In the entries below, the line with "Each (IsOneOf N.cards" marks the start. Return it and every following line exactly, ending with the last.

» Stored data:
━━━━━━━━━━━━━━━━━━━━

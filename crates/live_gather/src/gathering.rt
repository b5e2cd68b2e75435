// A floor at rest is gathered.
ghost use Rattle.std.specs.Prelude.{◌≡◌, ◌≤◌, ◌<◌, ◌++◌, [], ℕ, length, vec_len, vec_capacity};
ghost use Rattle.floor_rule.specs.Rule.{Among, Distinct};
ghost use Rattle.floor_rule.specs.Steps.{AllBelow};
ghost use Rattle.live_gather.specs.Gathered.{IsGatheredFrom};
ghost use Rattle.live_gather.specs.Ordered.{HasAll, IsOneOf};
ghost use Rattle.live_gather.specs.Pieces.{numbers_of};
ghost use Rattle.live_gather.specs.Told.{Each};

use crate::gathered::Gathered;
use crate::ordering::put_in_order;
use crate::piece::Piece;
use crate::telling::{find_causes, meet_all};
use floor_rule::{Maker, SharedWords, laws};
use room_parts::{FloorName, Pass};

// The maker takes the seats of the recs in, and calls the roll: no number is there twice, and each is that of a card. As many
// as the cards, each of them is there.
fn take_in<N: FloorName>(
    words: &SharedWords,
    mut maker: Maker,
    mut pieces: Vec<Piece<N>>,
    all: &mut Vec<Gathered>,
)
    requires table { words.now.table ≡ N.table }
    requires maker { (maker.table ≡ N.table) × (maker.knows.recs ≡ length N.cards) × (maker.knows.roll ≡ []) }
    requires count { length pieces.items ≡ length N.cards }
    requires room { (vec_len all.old ≡ 0) × (length N.cards ≤ vec_capacity all.old) }
    ensures apart { Distinct (numbers_of pieces.items) }
    ensures below { AllBelow (length N.cards) (numbers_of pieces.items) }
    ensures every { (j : ℕ) → j < length N.cards → Among j (numbers_of pieces.items) }
    ensures size { length all.new.items ≡ length N.cards }
    ensures whole { HasAll (length N.cards) all.new.items }
    ensures gathered { Each (IsOneOf N.cards N.long_max pieces.items) all.new.items }
{
    laws::rolls();
    while let Some(piece) = pieces.pop() {
        let (gathered, seat) = piece.into_gathered();
        maker.take_rec(words, seat);
        all.push_reserved(gathered);
    }
    maker.call_roll(words);
}

/// What is left of a floor when all its calls are over: its words, the maker of its seats, which has taken none in, a piece for
/// each of its cards, and the passes of its clients and of its cards. `all` is empty, with room for one entry a card, and is
/// given back with them, in the order of the cards. It takes no memory and waits for nobody.
pub fn gather<N: FloorName>(
    words: &SharedWords,
    maker: Maker,
    mut pieces: Vec<Piece<N>>,
    clients: Vec<Pass<N>>,
    cards: Vec<Pass<N>>,
    mut all: Vec<Gathered>,
) -> Vec<Gathered>
    requires table { words.now.table ≡ N.table }
    requires maker { (maker.table ≡ N.table) × (maker.knows.recs ≡ length N.cards) × (maker.knows.roll ≡ []) }
    requires count { length pieces.items ≡ length N.cards }
    requires room { (vec_len all ≡ 0) × (length N.cards ≤ vec_capacity all) }
    ensures { IsGatheredFrom N.cards N.long_max pieces.items (clients.items ++ cards.items) result.items }
{
    laws::lists();
    laws::entries();
    meet_all(&mut pieces, words, clients);
    meet_all(&mut pieces, words, cards);
    find_causes(&mut pieces, words);
    take_in(words, maker, pieces, &mut all);
    put_in_order(&mut all);
    all
}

━━━━━━━━━━━━━━━━━━━━

» Response area:
    ensures gathered { Each (IsOneOf N.cards N.long_max pieces.items) all.new.items }
{
    laws::rolls();
    while let Some(piece) = pieces.pop() {
        let (gathered, seat) = piece.into_gathered();
        maker.take_rec(words, seat);
        all.push_reserved(gathered);
    }
    maker.call_roll(words);
}

/// What is left of a floor when all its calls are over: its words, the maker of its seats, which has taken none in, a piece for
/// each of its cards, and the passes of its clients and of its cards. `all` is empty, with room for one entry a card, and is
/// given back with them, in the order of the cards. It takes no memory and waits for nobody.
pub fn gather<N: FloorName>(
    words: &SharedWords,
    maker: Maker,
    mut pieces: Vec<Piece<N>>,
    clients: Vec<Pass<N>>,
    cards: Vec<Pass<N>>,
    mut all: Vec<Gathered>,
) -> Vec<Gathered>
    requires table { words.now.table ≡ N.table }
    requires maker { (maker.table ≡ N.table) × (maker.knows.recs ≡ length N.cards) × (maker.knows.roll ≡ []) }
    requires count { length pieces.items ≡ length N.cards }
    requires room { (vec_len all ≡ 0) × (length N.cards ≤ vec_capacity all) }
    ensures { IsGatheredFrom N.cards N.long_max pieces.items (clients.items ++ cards.items) result.items }
{
    laws::lists();
    laws::entries();
    meet_all(&mut pieces, words, clients);
    meet_all(&mut pieces, words, cards);
    find_causes(&mut pieces, words);
    take_in(words, maker, pieces, &mut all);
    put_in_order(&mut all);
    all
}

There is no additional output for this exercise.